As companies move quickly to power contracts, the California Energy Commission and the state’s grid operator recently expressed concern that the purchases may not be enough to prevent power shortages over the course of time. summers to come.

The order requires companies such as

PG&E Corp.

PCG 3.99%


Edison International‘s

EIX 1.33%

Southern California Edison will commission more than 14,000 megawatts of power generation and storage capacity in the coming years, an amount equal to about one-third of the state’s forecast for peak summer demand.

California has already struggled to keep the lights on this year. Forest fires disrupted the transmission of electricity and a severe drought crippled hydroelectric production across the West. People involved in the development of new energy sources say they foresee significant challenges in moving fast enough to ensure an adequate supply.

A battery storage facility replaced a gas-fired power plant at Moss Landing, north of Monterey, California.

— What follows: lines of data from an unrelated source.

//! A device that has failed as often as can be counted.

use oai_device::{DeviceFault, MAX_FAILURES, Page, PageDevice};

/// A device over another one whose count of failures stands at its last value.
#[derive(Drop)]
pub(crate) struct WornDevice<D: PageDevice> {
    pub(crate) inner: D,
}

impl<D: PageDevice> PageDevice for WornDevice<D> {
    ghost use Rattle.oai_device.specs.declared.devices.TheConstants.{MAX_FAILURES};

    ghost pages = { λ d. D.pages d.inner };

    ghost failures = { λ _. MAX_FAILURES };

    ghost honest = { λ d. D.honest d.inner };

    ghost reads_take_memory = { D.reads_take_memory };

    ghost writes_take_memory = { D.writes_take_memory };

    fn read(&mut self, no: u32, page: &mut Page) -> Result<(), DeviceFault> {
        self.inner.read(no, page)
    }

    fn read_range(&mut self, no: u32, from: usize, into: &mut [u8]) -> Result<(), DeviceFault> {
        self.inner.read_range(no, from, into)
    }

    fn write(&mut self, no: u32, page: &Page) -> Result<(), DeviceFault> {
        self.inner.write(no, page)
    }

    fn faults(&self) -> u64 {
        MAX_FAILURES
    }
}
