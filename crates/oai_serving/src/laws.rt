ghost use Rattle.std.specs.Prelude.{◌≡◌, []};
ghost use Rattle.slab.specs.Slab.{Slab};
ghost use Rattle.oai_serving.specs.Links.{Link};
ghost use Rattle.oai_serving.specs.Tables.{AreAllKept};

use crate::sockets::Stream;

/// `serve` may continue from a server with no links, which accepted and closed no stream and served nothing. A
/// theorem, proved by an empty function.
pub fn begin_law<S: Stream>()
    ensures { (links : Slab (Link S)) → links.slots ≡ [] → AreAllKept S.contents S.remaining [] [] [] links }
{}
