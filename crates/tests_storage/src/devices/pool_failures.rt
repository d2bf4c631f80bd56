//! A pool over a device each of whose calls fails in turn.
ghost use Rattle.std.specs.Prelude.{◌<◌};
ghost use Rattle.oai_pool.specs.Counts.{StaysNamed, count_of};

use crate::assertions::assert_same;
use crate::devices::numbered_pages::assert_page;
use crate::devices::steps::{add, drop_name, filled, share_and_drop};
use oai_device::{FaultyDevice, MemoryDevice, PageDevice};
use oai_pool::{PageKind, PageNo, PagePool, Pool, PoolFault};
use std::alloc::Global;
use std::panic::Expect;
use std::process::Abort;

/// Adds the page of `number`. Where the device fails, as many pages are used as before, and the page is
/// added at the second time.
fn add_again<P: PagePool>(rt: &impl Abort, pool: &mut P, number: u16) -> PageNo
    ensures added { 0 < count_of (P.counts pool.new) result }
    ensures named { StaysNamed (P.counts pool.old) (P.counts pool.new) }
{
    let used = pool.used();
    let page = filled(rt, pool, number);
    match pool.add(page, PageKind::Bytes) {
        Ok(no) => no,
        Err(fault) => {
            assert_same(rt, fault, PoolFault::Device);
            assert_same(rt, pool.used(), used);
            add(rt, pool, number)
        }
    }
}

/// The pool gives the page of `number`. Where the device fails, it is read at the second time.
fn assert_again<P: PagePool>(rt: &impl Abort, pool: &mut P, no: PageNo, number: u16)
    requires { 0 < count_of (P.counts pool.old) no }
    ensures { StaysNamed (P.counts pool.old) (P.counts pool.new) }
{
    match pool.read(no, PageKind::Bytes) {
        Ok(page) => assert_page(rt, &page, number),
        Err(fault) => {
            assert_same(rt, fault, PoolFault::Device);
            let page = pool.read(no, PageKind::Bytes).expect(rt, "read");
            assert_page(rt, &page, number);
        }
    }
}

/// The same of two pages, each under a number with the `number` that it is of.
fn assert_both_again<P: PagePool>(
    rt: &impl Abort,
    pool: &mut P,
    first: (PageNo, u16),
    second: (PageNo, u16),
)
    requires first { 0 < count_of (P.counts pool.old) first.0 }
    requires second { 0 < count_of (P.counts pool.old) second.0 }
    ensures first { 0 < count_of (P.counts pool.new) first.0 }
    ensures second { 0 < count_of (P.counts pool.new) second.0 }
    ensures named { StaysNamed (P.counts pool.old) (P.counts pool.new) }
{
    assert_again(rt, pool, first.0, first.1);
    assert_again(rt, pool, second.0, second.1);
}

/// Adds, shares, drops and reads pages over a device whose k-th call fails; how often it failed.
fn failures_at(rt: &impl Abort, alloc: Global, k: u64) -> u64 {
    let device = FaultyDevice::new(MemoryDevice::new(alloc), k);
    let mut pool = Pool::new(alloc, device, 1).expect(rt, "Pool::new");
    let first = add_again(rt, &mut pool, 1);
    let second = add_again(rt, &mut pool, 2);
    assert!(rt; first != second);
    assert_both_again(rt, &mut pool, (first, 1), (second, 2));
    drop_name(&mut pool, second);
    share_and_drop(rt, &mut pool, first);
    let third = add_again(rt, &mut pool, 3);
    assert_both_again(rt, &mut pool, (first, 1), (third, 3));
    let fourth = add_again(rt, &mut pool, 4);
    assert_both_again(rt, &mut pool, (first, 1), (third, 3));
    assert_again(rt, &mut pool, fourth, 4);
    assert_same(rt, pool.used(), 3);
    pool.device().faults()
}

/// Up to the first k at which no call fails: four pages are added, and seven are read that the cache does
/// not hold.
#[test]
fn each_call_fails_in_turn(rt: HostRuntime) {
    for k in 1..12 {
        assert_same(&rt, failures_at(&rt, rt.alloc(), k), 1);
    }
    assert_same(&rt, failures_at(&rt, rt.alloc(), 12), 0);
}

Christie Hemm Klok for The Wall Street Journal

The state’s dilemma underscores the difficulties of a rapid transition to cleaner energy resources, as the United States and many countries are now pledging to do in response to concerns about climate change. A California law passed in 2018 requires the state to decarbonize its electricity grid by 2045.

Edward Randolph, executive director of the California Utilities Commission for Energy and Climate Policy, said the organization has been preparing for retirement from Diablo Canyon since approving PG&E’s plan to decommission the nuclear power plant in 2018. But the commission has since had to revise its planning as a result of a change in the amount of energy available across the West, he said.

The drought limited production from some of the region’s most significant production facilities, including the Hoover Dam. On top of that, other states have moved to shut down coal-fired power plants in recent years, reducing the amount of electricity California can import when high temperatures increase demand for electricity.

“What has radically changed… is that we have had much bigger and bigger heat waves than ever before,” said Mr. Randolph. “These are not incorporated into our planning standards. “

The Diablo Canyon plant has long been contested by anti-nuclear activists, and PG&E would have had to make expensive seismic security upgrades to renew its federal license with the Nuclear Regulatory Commission. Instead, the company negotiated a deal in 2016 with environmental groups and unions to close it and replace its production with renewable energies.

Landowners in windy, sunny parts of the United States oppose large-scale renewable energy development, an opposition that researchers say could slow the transition to a cleaner economy. Photo: Aaron Yoder / WSJ

At the time, state officials played down the impact on supply, saying they had a decade to procure electricity. The two nuclear power plants at Diablo Canyon, which provide a total of 2,250 megawatts of electricity, are now expected to close in 2024 and 2025.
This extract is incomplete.